This application is directed, in general, to circuit simulation and, more specifically, to a system and method for simulating integrated circuit (IC) performance on a many-core processor.
SPICE (Simulation Program with Integrated Circuit Emphasis) is a computer program written about 40 years ago, significantly enhanced over the intervening years (i.e., SPICE1, SPICE2 and SPICE3 so far) and widely commercially available in open source and several proprietary variants. SPICE is fundamentally designed to simulate the operation of an IC by evaluating a model of it. Consequently, the IC can be tested and verified without being fabricated.
To evaluate an IC model, SPICE constructs a matrix A and a right-hand-side vector b for use in various (e.g., Newton-Raphson) numerical analyses. After constructing A and b, SPICE then iteratively (1) evaluates the devices in the IC and (2) updates A and b accordingly.
SPICE is enormously popular among IC developers and is expected to continue being so for the foreseeable future. It is expected that SPICE will become more accurate and encompass a growing variety of devices and fabrication technologies as time progresses. SPICE also benefits from executing on processors that have become faster, and memories that have become larger, over time.

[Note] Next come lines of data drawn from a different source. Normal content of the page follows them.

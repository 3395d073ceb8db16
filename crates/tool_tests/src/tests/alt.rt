//! Alternative data after a body: `putalt`, `getalt` and `main`.

mod edges;
mod looks;
mod refusals;
mod values;
mod verbs;

use super::*;
use std::test::Fail;

const VERIFY: Row<'static> = ("1000 verify", b"", Status::Done, b"findings 0\n");

// Adds a word, a number and what stands after them.
fn add_number(
    alloc: Global,
    text: &mut Bytes,
    word: &[u8],
    number: usize,
    after: &[u8],
) -> Result<(), NoMemory> {
    text.extend(word)?;
    text.extend_decimal(alloc, number as u64)?;
    text.extend(after)
}

// Adds so many times `m` and so many times `d`, and a newline.
fn add_bytes(alloc: Global, text: &mut Bytes, main: usize, data: usize) -> Result<(), Fail> {
    let bytes = repeated(alloc, b"", b'm', main, b"")?;
    text.extend(bytes.as_slice())?;
    let bytes = repeated(alloc, b"", b'd', data, b"\n")?;
    text.extend(bytes.as_slice())?;
    Ok(())
}

// Adds a word, the number of these bytes, what stands after it, and the bytes.
fn add_data(
    alloc: Global,
    text: &mut Bytes,
    word: &[u8],
    after: &[u8],
    main: usize,
    data: usize,
) -> Result<(), Fail> {
    add_number(alloc, text, word, main.wrapping_add(data), after)?;
    add_bytes(alloc, text, main, data)
}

One aspect provides a SPICE model evaluation module executable on a many-core processor. In one embodiment, the module includes: (1) a setup module operable to generate topology matrices T1 and T2, (2) a device evaluation/update module associated with the setup module and operable to generate and update source elements SA for a matrix A and Sb for a right-hand-side vector b and (3) a generation module associated with the device evaluation/update module and operable to generate A using T1 and SA and further generate b using T2 and Sb.
Another aspect provides a method of simulating IC performance on a many-core processor. In one embodiment, the method includes: (1) generating respective topology matrices for a matrix A and a right-hand-side vector b, (2) generating source elements for the A and the b, (3) repeatedly updating the source elements and (4) generating A and b using the respective topology matrices and the source elements.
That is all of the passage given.